Task data
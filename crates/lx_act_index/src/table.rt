//! The lines of all places: those of the parts of memory, and behind them those of calls and references.
ghost use Rattle.std.specs.Prelude.{◌≡◌, ◌≢◌, None, ◌+◌, ◌-◌, ◌*◌, ◌/◌, ◌%◌, ◌^◌, ◌<◌, ◌≤◌, ℕ, ◌&&◌, nat_eq, nat_le, nat_lt, true, Some, [], length, IfOk, OnOk, OnErr, slice_set, replicate, slice_index_or};
ghost use Rattle.indexmap.specs.IndexSet.{spare};
ghost use Rattle.lx_caps.specs.declared.Atom.{Atom};
ghost use Rattle.lx_caps.specs.History.{has, reaches};
ghost use Rattle.lx_caps.specs.Loans.{none_end};
ghost use Rattle.lx_caps.specs.Placed.{is_placed};
ghost use Rattle.lx_caps.specs.Regions.{covers, mapped};
ghost use Rattle.lx_cap_lists.specs.Tables.{behind_parts, bit_of, place_in, place_of};
ghost use Rattle.lx_cap_nodes.specs.Pieces.{part_list};
ghost use Rattle.lx_act_index.specs.Lines.{line_giver, line_strip, line_with};
ghost use Rattle.lx_act_index.specs.Table.{AreFresh, ArePut, HasGrown, IsFresh, IsNoted, IsTable, NotedFrom, entry_of, line_at, line_of, shown};
ghost use Rattle.lx_act_index.specs.Threads.{is_open};

use crate::lines::{Asked, Entry, Line, Run, Said, line_run, line_strip, line_with};
use crate::threads::Thread;
use indexmap::IndexSet;
use lx_cap_lists::{
    Key, PART, call_key, list_of_part, parts_end, piece_bits, piece_of, place_for, place_in,
    ref_key,
};
use lx_caps::{Atom, Cap};
use lx_words::{Items, Memory};
use std::alloc::Global;

/// How many parts memory has.
const PARTS: u64 = 0xc000;

/// What the act with a number says.
#[derive(Clone, Copy)]
pub struct Saying {
    pub said: Said,
    pub act: u32,
}

/// Bytes from an address on.
#[derive(Clone, Copy)]
pub struct Range {
    pub at: u64,
    pub size: u64,
}

/// The lines of the parts of memory, and behind them those of the calls and references that have one.
#[derive(Drop)]
pub struct Table {
    pub alloc: Global,
    pub lines: Vec<Line>,
    // The calls and references that have a line.
    pub atoms: IndexSet<Key>,
}

/// A line without entries for each part of memory.
pub fn new_table(alloc: Global) -> Result<Table, Memory>
    ensures table { IfOk result IsTable }
    ensures lines { IfOk result (λ t. (l : ℕ) → line_at t.lines.items l ≡ []) }
    ensures atoms { IfOk result (λ t. t.atoms.keys ≡ []) }
{
    let mut lines = Vec::new(alloc);
    while (lines.len() as u64) < PARTS {
        lines.push(Items::new(alloc))?;
    }
    Ok(Table {
        alloc,
        lines,
        atoms: IndexSet::new(alloc),
    })
}

fn entry_of(saying: Saying, mask: u64) -> Entry
    ensures { result ≡ entry_of saying mask }
{
    Entry {
        said: saying.said,
        act: saying.act,
        mask,
    }
}

/// The line of a part with an entry more for its bytes of a range; none for a part outside of memory.
fn fresh_line(
    table: &Table,
    threads: &[Thread],
    saying: Saying,
    range: Range,
    part: u64,
) -> Result<Line, Memory>
    requires within { range.at + range.size + 63 < 2 ^ 64 }
    requires low { range.at / 64 ≤ part }
    requires high { part * 64 < range.at + range.size }
    requires some { 0 < range.size }
    requires table { IsTable table.now }
    ensures { IfOk result (IsFresh threads.now saying range table.now.lines.items part) }
{
    let bits = piece_bits(piece_of(range.at, range.size, part));
    match list_of_part(part) {
        Some(place) => {
            let line = line_with(
                table.alloc,
                table.lines[place as usize].as_slice(),
                threads,
                entry_of(saying, bits),
            )?;
            Ok(line)
        }
        None => Ok(Items::new(table.alloc)),
    }
}

/// The lines of the parts that a range lies in, with an entry more in each.
fn fresh_lines(
    table: &Table,
    threads: &[Thread],
    saying: Saying,
    range: Range,
) -> Result<Vec<Line>, Memory>
    requires placed { mapped range.at range.size ≡ true }
    requires some { 0 < range.size }
    requires table { IsTable table.now }
    ensures { IfOk result (λ fresh. AreFresh threads.now saying range table.now.lines.items fresh.items ((range.at + range.size + 63) / 64)) }
{
    let mut fresh = Vec::new(table.alloc);
    for part in range.at / PART..parts_end(range.at, range.size) {
        let line = fresh_line(table, threads, saying, range, part)?;
        fresh.push(line)?;
    }
    Ok(fresh)
}

fn put_line(lines: &mut Vec<Line>, part: u64, line: Line)
    requires { 0xc000 ≤ length lines.old.items }
    ensures put { (l : ℕ) → part_list part ≡ Some l → line_at lines.new.items l ≡ line }
    ensures others { (l : ℕ) → part_list part ≢ Some l → line_at lines.new.items l ≡ line_at lines.old.items l }
    ensures count { length lines.new.items ≡ length lines.old.items }
{
    if let Some(place) = list_of_part(part) {
        lines[place as usize] = line;
    }
}

/// Puts fresh lines in the places of the parts from one on.
fn put_lines(lines: &mut Vec<Line>, fresh: Vec<Line>, first: u64)
    requires count { 0xc000 ≤ length lines.old.items }
    requires small { first + length fresh.items < 2 ^ 64 }
    ensures { ArePut first 0 fresh.items lines.old.items lines.new.items }
{
    let mut fresh = fresh;
    while let Some(line) = fresh.pop() {
        put_line(lines, first + fresh.len() as u64, line);
    }
}

/// Notes what an act says of the bytes of a range.
fn say_range(
    table: &mut Table,
    threads: &[Thread],
    saying: Saying,
    range: Range,
) -> Result<(), Memory>
    requires placed { mapped range.at range.size ≡ true }
    requires some { 0 < range.size }
    requires table { IsTable table.old }
    ensures table { IsTable table.new }
    ensures atoms { table.new.atoms.keys ≡ table.old.atoms.keys }
    ensures bytes { OnOk result ((b l : ℕ) → part_list (b / 64) ≡ Some l →
        IsNoted threads.now saying (covers range.at range.size b) (b % 64) (line_at table.old.lines.items l) (line_at table.new.lines.items l)) }
    ensures others { (l : ℕ) → 0xc000 ≤ l → line_at table.new.lines.items l ≡ line_at table.old.lines.items l }
    ensures err { OnErr result (table.new.lines.items ≡ table.old.lines.items) }
{
    let fresh = fresh_lines(table, threads, saying, range)?;
    put_lines(&mut table.lines, fresh, range.at / PART);
    Ok(())
}

fn push_place(table: &mut Table, key: Key) -> Result<u64, Memory>
    requires table { IsTable table.old }
    requires room { 0 < spare table.old.atoms }
    requires fresh { place_in table.old.atoms.keys key ≡ None }
    ensures grown { HasGrown table.old table.new }
    ensures place { IfOk result (λ l. behind_parts (place_in table.new.atoms.keys key) ≡ Some l) }
{
    table.lines.push(Items::new(table.alloc))?;
    let place = place_for(&mut table.atoms, key);
    Ok(PARTS + place)
}

/// The place of a call or a reference, which gets an empty line where it has none.
fn place_of_key(table: &mut Table, key: Key) -> Result<u64, Memory>
    requires table { IsTable table.old }
    ensures grown { HasGrown table.old table.new }
    ensures place { IfOk result (λ l. behind_parts (place_in table.new.atoms.keys key) ≡ Some l) }
{
    table.atoms.reserve(1)?;
    match place_in(&table.atoms, key) {
        Some(place) => Ok(PARTS + place),
        None => {
            let place = push_place(table, key)?;
            Ok(place)
        }
    }
}

/// Notes what an act says at a place of one atom.
fn say_at(table: &mut Table, threads: &[Thread], saying: Saying, place: u64) -> Result<(), Memory>
    requires { place < length table.old.lines.items }
    ensures ok { OnOk result (table.new.lines.items ≡ slice_set table.old.lines.items place (line_with (is_open none_end threads.now) (entry_of saying 1) (line_at table.old.lines.items place))) }
    ensures err { OnErr result (table.new.lines.items ≡ table.old.lines.items) }
    ensures atoms { table.new.atoms ≡ table.old.atoms }
{
    let line = line_with(
        table.alloc,
        table.lines[place as usize].as_slice(),
        threads,
        entry_of(saying, 1),
    )?;
    table.lines[place as usize] = line;
    Ok(())
}

/// Notes what an act says of a call or a reference.
fn say_key(table: &mut Table, threads: &[Thread], saying: Saying, key: Key) -> Result<(), Memory>
    requires table { IsTable table.old }
    ensures table { IsTable table.new }
    ensures ok { OnOk result (NotedFrom threads.now saying key table.old table.new) }
    ensures err { OnErr result ((x : Atom) → line_of table.new x ≡ line_of table.old x) }
{
    let place = place_of_key(table, key)?;
    say_at(table, threads, saying, place)?;
    Ok(())
}

/// Notes what an act says of the atoms of a capability.
pub fn say(table: &mut Table, threads: &[Thread], saying: Saying, cap: Cap) -> Result<(), Memory>
    requires placed { is_placed cap ≡ true }
    requires table { IsTable table.old }
    ensures table { IsTable table.new }
    ensures ok { OnOk result ((x : Atom) → IsNoted threads.now saying (has cap x) (bit_of x) (line_of table.old x) (line_of table.new x)) }
    ensures err { OnErr result ((x : Atom) → line_of table.new x ≡ line_of table.old x) }
{
    match cap {
        Cap::Write { at, size } => {
            if size > 0 {
                say_range(table, threads, saying, Range { at, size })?;
            }
            Ok(())
        }
        Cap::Call { at } => {
            say_key(table, threads, saying, call_key(at))?;
            Ok(())
        }
        Cap::Ref { ty, at } => {
            say_key(table, threads, saying, ref_key(ty, at))?;
            Ok(())
        }
    }
}

fn key_place(table: &Table, key: Key) -> Option<u64>
    requires { IsTable table.now }
    ensures { result ≡ behind_parts (place_in table.now.atoms.keys key) }
{
    match place_in(&table.atoms, key) {
        Some(place) => Some(PARTS + place),
        None => None,
    }
}

/// The place of an atom, if it has one.
pub fn place_of(table: &Table, atom: Atom) -> Option<u64>
    requires { IsTable table.now }
    ensures { result ≡ place_of table.now.atoms.keys atom }
{
    match atom {
        Atom::Byte(at) => list_of_part(at / PART),
        Atom::Call(at) => key_place(table, call_key(at)),
        Atom::Ref(ty, at) => key_place(table, ref_key(ty, at)),
    }
}

/// The bit of an atom in the masks of its place.
pub fn bit_of(atom: Atom) -> u64
    ensures is { result ≡ bit_of atom }
    ensures below { result < 64 }
{
    match atom {
        Atom::Byte(at) => at % PART,
        Atom::Call(_) | Atom::Ref(..) => 0,
    }
}

fn line_in(table: &Table, place: u64) -> &[Entry]
    requires { place < length table.now.lines.items }
    ensures { result.now ≡ line_at table.now.lines.items place }
{
    table.lines[place as usize].as_slice()
}

/// The newest act that gave the atom, and still stands, and how many atoms of its part from it on are so, itself with them.
pub fn run_in(table: &Table, threads: &[Thread], asked: Asked, atom: Atom) -> Run
    requires { IsTable table.now }
    ensures some { 0 < result.end }
    ensures within { bit_of atom + result.end ≤ 64 }
    ensures alike { (k : ℕ) → k < result.end → line_giver asked.gifts (reaches asked.who) (is_open none_end threads.now) (bit_of atom + k) (line_of table.now atom) ≡ result.giver }
{
    let bit = bit_of(atom);
    match place_of(table, atom) {
        Some(place) => {
            let run = line_run(line_in(table, place), threads, asked, bit);
            Run {
                giver: run.giver,
                end: run.end - bit,
            }
        }
        None => Run {
            giver: None,
            end: PART - bit,
        },
    }
}

/// The newest strip that has the atom.
pub fn strip_in(table: &Table, atom: Atom) -> Option<u32>
    requires { IsTable table.now }
    ensures { result ≡ line_strip (bit_of atom) (line_of table.now atom) }
{
    match place_of(table, atom) {
        Some(place) => line_strip(line_in(table, place), bit_of(atom)),
        None => None,
    }
}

Problem
Only the lines from the one with "< length table.now.lines.items" to the end of the entries above belong in your answer. Retype them exactly.

Result for this exercise
    requires { place < length table.now.lines.items }
    ensures { result.now ≡ line_at table.now.lines.items place }
{
    table.lines[place as usize].as_slice()
}

/// The newest act that gave the atom, and still stands, and how many atoms of its part from it on are so, itself with them.
pub fn run_in(table: &Table, threads: &[Thread], asked: Asked, atom: Atom) -> Run
    requires { IsTable table.now }
    ensures some { 0 < result.end }
    ensures within { bit_of atom + result.end ≤ 64 }
    ensures alike { (k : ℕ) → k < result.end → line_giver asked.gifts (reaches asked.who) (is_open none_end threads.now) (bit_of atom + k) (line_of table.now atom) ≡ result.giver }
{
    let bit = bit_of(atom);
    match place_of(table, atom) {
        Some(place) => {
            let run = line_run(line_in(table, place), threads, asked, bit);
            Run {
                giver: run.giver,
                end: run.end - bit,
            }
        }
        None => Run {
            giver: None,
            end: PART - bit,
        },
    }
}

/// The newest strip that has the atom.
pub fn strip_in(table: &Table, atom: Atom) -> Option<u32>
    requires { IsTable table.now }
    ensures { result ≡ line_strip (bit_of atom) (line_of table.now atom) }
{
    match place_of(table, atom) {
        Some(place) => line_strip(line_in(table, place), bit_of(atom)),
        None => None,
    }
}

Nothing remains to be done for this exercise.